# What this task involves
In the records below, find the line with "Fits format h" and the line with "fn width_of(drawing: &Drawing, view: View)"; return exactly those lines and every line between them.

(Stored data)
impl<S: Alter + Drop> Store<S> {
    /// A store over a database. One without tables gets the six tables, and has the empty history then. One of the first
    /// format is loaded, and then written over to this one. Nothing is written to other tables that are there:
    /// [`load`](Store::load) says which history they hold.
    ///
    /// - `NotOurs` where there are tables, and they haven't the number of a format, or are of the first one and of no history.
    /// - `Refused`, `Disk` or `Interrupted` where `sqlite` failed so.
    /// - `NoMemory` if out of memory.
    pub fn adopt(alloc: Global, conn: Connection<S>) -> Result<Store<S>, StoreFault>
        requires { (state S.Store conn).in_transaction ≡ false }
        ensures made { IfOk result (λ store. let new = state S.Store store.conn in
            HasCleanDisk new → (state S.Store conn).now.schema ≡ no_schema
            → IsStored no_history new.now × (new.committed ≡ new.now)) }
        ensures kept { IfOk result (λ store. (state S.Store conn).now.schema ≡ no_schema
            → IsKept S.Store store no_history) }
        ensures found { IfOk result (λ store. (format : FormatData) → (h : HistoryData) → IsHistory h → Fits format h
            → HasCleanDisk (state S.Store store.conn) → Holds (rows_in format h) (state S.Store conn).now
            → IsStored h (state S.Store store.conn).now) }
        ensures taken { IfOk result (λ store. let old = state S.Store conn in
            let new = state S.Store store.conn in
            HasCleanDisk new → old.now.schema ≢ no_schema → IsTaken old new) }
        ensures ours { IfOk result (λ store. HasCleanDisk (state S.Store store.conn)
            → IsTakenAs (state S.Store conn).now (state S.Store store.conn).now) }
        ensures answered { IfErr result (IsLetGo S.Store (state S.Store conn)) }
        ensures crash { IfOk result (λ store. let old = state S.Store conn in
            Survives old (state S.Store store.conn) (IsBegun old)) }
    {
        let mut conn = conn;
        prepare(alloc, &mut conn)?;
        Ok(Store {
            conn,
            tally: Tally::new(),
        })
    }
}
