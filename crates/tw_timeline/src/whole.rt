//! The whole timeline.

ghost use Rattle.std.specs.Prelude.{◌<◌, ◌^◌, IfOk};
ghost use Rattle.tw_timeline.specs.Xml.{IsPrinted, IsXml};

use crate::bars::{put_bars, put_threads};
use crate::drawing::Drawing;
use crate::events::{put_columns, put_marks};
use crate::heading::put_heading;
use crate::lanes::{put_lanes, put_ticks};
use crate::links::put_waits;
use crate::page::{Attribute, Page, Value, number, text, word};
use crate::places::{Settings, View, bottom};
use std::alloc::{AllocError, Global};
use tw_writer::Piece;

/// Returns the width: that of the events or of the circle, and at least that of the heading.
fn width_of(drawing: &Drawing, view: View) -> usize
    ensures { result < 2 ^ 51 }
{
    let events = view.across(view.last as usize + 1) + 70;
    840usize
        .max(events)
        .max(220 * (drawing.rules as usize) + 90)
}

/// Adds all elements, in the order in which they are drawn over one another.
fn put_drawn(out: &mut Page, drawing: &Drawing, view: View, width: usize)
    requires { width < 2 ^ 51 }
{
    let layout = drawing.layout;
    put_heading(out, view, drawing);
    put_lanes(out, layout, width);
    put_ticks(out, layout, view, &drawing.marks);
    put_threads(out, layout, view, &drawing.threads);
    put_bars(out, &drawing.names, layout, view, &drawing.bars);
    if view.is_coarse() {
        put_columns(out, layout, view, &drawing.marks);
    } else {
        put_marks(out, layout, view, &drawing.marks);
    }
    put_waits(out, layout, &drawing.waits);
}

/// Returns the timeline of a drawing, as one SVG text. The settings give its range of events and its width.
pub fn timeline(alloc: Global, drawing: &Drawing, settings: Settings) -> Result<Vec<u8>, AllocError>
    ensures xml { IfOk result (λ text. IsXml text.items) }
    ensures printed { IfOk result (λ text. IsPrinted text.items) }
{
    let view = View::of(settings, drawing.events);
    let width = width_of(drawing, view);
    let height = bottom(drawing.layout) + if drawing.rules == 0 { 16 } else { 106 };
    let mut inside = Page::new(alloc);
    put_drawn(&mut inside, drawing, view, width);
    let frame = text(
        alloc,
        &[
            Piece::Text("0 0 "),
            Piece::Number(width),
            Piece::Text(" "),
            Piece::Number(height),
        ],
    )
    .finish()?;
    let size = [
        word("xmlns", "http://www.w3.org/2000/svg"),
        word("role", "img"),
        number("width", width),
        number("height", height),
        Attribute {
            key: "viewBox",
            value: Value::Text(&frame),
        },
    ];
    let mut page = Page::new(alloc);
    page.put_page("svg", &size, inside);
    page.finish()
}
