//! The theorem that accepted programs don't trap, and the parts of its invariant. Nothing is computed here: the contracts are the
//! theorems.

ghost use Rattle.std.specs.Prelude.{◌≡◌, List};
ghost use Rattle.tw_types.specs.declared.event.Event.{Event};
ghost use Rattle.tw_types.specs.declared.input.Input.{Input};
ghost use Rattle.tw_types.specs.Layout.{ActorCounts};
ghost use Rattle.tw_types.specs.Outcome.{Went};
ghost use Rattle.tw_code.specs.declared.procedure.Procedure.{Procedure};
ghost use Rattle.tw_code.specs.format.Program.{IsProgram};
ghost use Rattle.tw_code.specs.machine.Holders.{Typings};
ghost use Rattle.tw_code.specs.machine.Inputs.{AreInputsOf};
ghost use Rattle.tw_code.specs.machine.Machine.{step};
ghost use Rattle.tw_code.specs.machine.Opening.{reached};
ghost use Rattle.tw_code.specs.machine.State.{State};
ghost use Rattle.tw_soundness.specs.EndsWell.{EndsWell};
ghost use Rattle.tw_soundness.specs.InOrder.{StaysInOrder};
ghost use Rattle.tw_soundness.specs.Invariant.{BudgetsHeld, CountsHeld, IsHeld, NumbersHeld, TypesHeld};
ghost use Rattle.tw_soundness.specs.Noticed.{NoticesHeld};
ghost use Rattle.tw_soundness.specs.NoTrap.{AreRight, NoTrap};

/// Proves that one event keeps the types of values and rights, and keeps numbers below the next ones.
pub fn types_held()
    ensures numbers { (program : List Procedure) (typings : Typings) (layout : ActorCounts) (event : Event) (s next : State) → IsProgram program → AreRight program typings → IsHeld program typings s → step program layout event s ≡ Went next → NumbersHeld next }
    ensures types { (program : List Procedure) (typings : Typings) (layout : ActorCounts) (event : Event) (s next : State) → IsProgram program → AreRight program typings → IsHeld program typings s → step program layout event s ≡ Went next → TypesHeld program typings next }
{}

/// Proves that one event keeps the counts of each datum equal to its holders, and one writer for each unset scalar.
pub fn counts_held()
    ensures { (program : List Procedure) (typings : Typings) (layout : ActorCounts) (event : Event) (s next : State) → IsProgram program → AreRight program typings → IsHeld program typings s → step program layout event s ≡ Went next → CountsHeld program typings next }
{}

/// Proves that after one event subscribers and notices name exactly the parameters that wait, each once.
pub fn notes_held()
    ensures { (program : List Procedure) (typings : Typings) (layout : ActorCounts) (event : Event) (s next : State) → IsProgram program → AreRight program typings → IsHeld program typings s → step program layout event s ≡ Went next → NoticesHeld next }
{}

/// Proves that after one event each running task is in loops that it has begun, and within its budget.
pub fn budgets_held()
    ensures { (program : List Procedure) (typings : Typings) (layout : ActorCounts) (event : Event) (s next : State) → IsProgram program → AreRight program typings → IsHeld program typings s → step program layout event s ≡ Went next → BudgetsHeld program next }
{}

/// Proves that accepted programs don't trap, with any inputs of the signature, any layout and any events in any order. Each state
/// that they reach is in order, with any right typings.
pub fn no_trap()
    ensures safe { (program : List Procedure) (typings : Typings) → IsProgram program → AreRight program typings → NoTrap program }
    ensures ordered { (program : List Procedure) (typings : Typings) → IsProgram program → AreRight program typings → StaysInOrder program typings }
{}

/// Proves how runs end, with any inputs, layout and events. At a quiet end only the outputs and their members are left, all
/// closed. In a stuck state each rule waits for a datum that a rule may write, and the walk along these finds a circle of rules.
/// The walk finds a circle in stuck states only.
pub fn ends_well()
    ensures { (program : List Procedure) (typings : Typings) (inputs : List Input) (layout : ActorCounts) (events : List Event) (s : State) → IsProgram program → AreRight program typings → AreInputsOf program inputs → reached program inputs layout events ≡ Went s → EndsWell program s }
{}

# Result of this exercise
        ensures found { IfOk result (λ store. (format : FormatData) → (h : HistoryData) → IsHistory h → Fits format h
            → HasCleanDisk (state S.Store store.conn) → Holds (rows_in format h) (state S.Store conn).now
            → IsStored h (state S.Store store.conn).now) }
        ensures taken { IfOk result (λ store. let old = state S.Store conn in
            let new = state S.Store store.conn in
            HasCleanDisk new → old.now.schema ≢ no_schema → IsTaken old new) }
        ensures ours { IfOk result (λ store. HasCleanDisk (state S.Store store.conn)
            → IsTakenAs (state S.Store conn).now (state S.Store store.conn).now) }
        ensures answered { IfErr result (IsLetGo S.Store (state S.Store conn)) }
        ensures crash { IfOk result (λ store. let old = state S.Store conn in
            Survives old (state S.Store store.conn) (IsBegun old)) }
    {
        let mut conn = conn;
        prepare(alloc, &mut conn)?;
        Ok(Store {
            conn,
            tally: Tally::new(),
        })
    }
}
filename crates/tw_timeline/src/whole.rt
//! The whole timeline.

ghost use Rattle.std.specs.Prelude.{◌<◌, ◌^◌, IfOk};
ghost use Rattle.tw_timeline.specs.Xml.{IsPrinted, IsXml};

use crate::bars::{put_bars, put_threads};
use crate::drawing::Drawing;
use crate::events::{put_columns, put_marks};
use crate::heading::put_heading;
use crate::lanes::{put_lanes, put_ticks};
use crate::links::put_waits;
use crate::page::{Attribute, Page, Value, number, text, word};
use crate::places::{Settings, View, bottom};
use std::alloc::{AllocError, Global};
use tw_writer::Piece;

/// Returns the width: that of the events or of the circle, and at least that of the heading.
fn width_of(drawing: &Drawing, view: View) -> usize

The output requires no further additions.